EXERCISE MATERIAL
*** Begin section ***
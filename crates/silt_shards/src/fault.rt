// Why files do not open as a set.

use silt_disk::Disk;
use silt_event::Refusal;
use thiserror::Error;

/// Why a file is not what is due: a shard of a set, or a store of its own.
#[derive(Clone, Copy, Debug, PartialEq, Eq, Error)]
pub enum MarkFault {
    /// It has no mark: it is a store of its own, or none.
    #[error("it is no shard of a set")]
    Unmarked,
    /// Its mark is of another version, or has the numbers of no shard.
    #[error("its mark of a shard is of another version, or damaged")]
    Unknown,
    /// It is shard `shard` of a set of `of` shards, and a store of its own is due.
    #[error("it is shard {shard} of {of}; ask for --shards {of}")]
    InSet { shard: u32, of: u32 },
    /// It is a shard of a set of `found` shards, and `asked` are asked for.
    #[error("it is one of {found} shards, and {asked} are asked for")]
    OtherCount { found: u32, asked: u32 },
    /// It is shard `found` of `of`, and shard `due` is due.
    #[error("it is shard {found} of {of}, and shard {due} is due")]
    OtherShard { found: u32, of: u32, due: u32 },
    /// It belongs to another set than shard 0.
    #[error("it is a shard of another set than shard 0")]
    OtherSet,
    /// One of its six numbers is not that of shard 0.
    #[error("its numbers are not those of shard 0")]
    OtherGeometry,
}

/// Why a file is refused.
#[derive(Debug, Drop)]
pub enum SetCause<F> {
    /// It is not the shard that is due, or no store of its own.
    NotDue(MarkFault),
    /// It could not be read, or no store was opened on it.
    Refused(Refusal<F>),
}

/// The shard because of which no set was opened, its disk, and why.
#[derive(Drop)]
pub struct SetFault<D: Disk> {
    /// The number of the shard, and of its file, from 0 on.
    pub shard: u32,
    pub disk: D,
    pub cause: SetCause<D::Fault>,
}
*** End section ***
Repeat the material in full, exactly as it reads.

filename crates/silt_shards/src/fault.rt
// Why files do not open as a set.

use silt_disk::Disk;
use silt_event::Refusal;
use thiserror::Error;

/// Why a file is not what is due: a shard of a set, or a store of its own.
#[derive(Clone, Copy, Debug, PartialEq, Eq, Error)]
pub enum MarkFault {
    /// It has no mark: it is a store of its own, or none.
    #[error("it is no shard of a set")]
    Unmarked,
    /// Its mark is of another version, or has the numbers of no shard.
    #[error("its mark of a shard is of another version, or damaged")]
    Unknown,
    /// It is shard `shard` of a set of `of` shards, and a store of its own is due.
    #[error("it is shard {shard} of {of}; ask for --shards {of}")]
    InSet { shard: u32, of: u32 },
    /// It is a shard of a set of `found` shards, and `asked` are asked for.
    #[error("it is one of {found} shards, and {asked} are asked for")]
    OtherCount { found: u32, asked: u32 },
    /// It is shard `found` of `of`, and shard `due` is due.
    #[error("it is shard {found} of {of}, and shard {due} is due")]
    OtherShard { found: u32, of: u32, due: u32 },
    /// It belongs to another set than shard 0.
    #[error("it is a shard of another set than shard 0")]
    OtherSet,
    /// One of its six numbers is not that of shard 0.
    #[error("its numbers are not those of shard 0")]
    OtherGeometry,
}

/// Why a file is refused.
#[derive(Debug, Drop)]
pub enum SetCause<F> {
    /// It is not the shard that is due, or no store of its own.
    NotDue(MarkFault),
    /// It could not be read, or no store was opened on it.
    Refused(Refusal<F>),
}

/// The shard because of which no set was opened, its disk, and why.
#[derive(Drop)]
pub struct SetFault<D: Disk> {
    /// The number of the shard, and of its file, from 0 on.
    pub shard: u32,
    pub disk: D,
    pub cause: SetCause<D::Fault>,
}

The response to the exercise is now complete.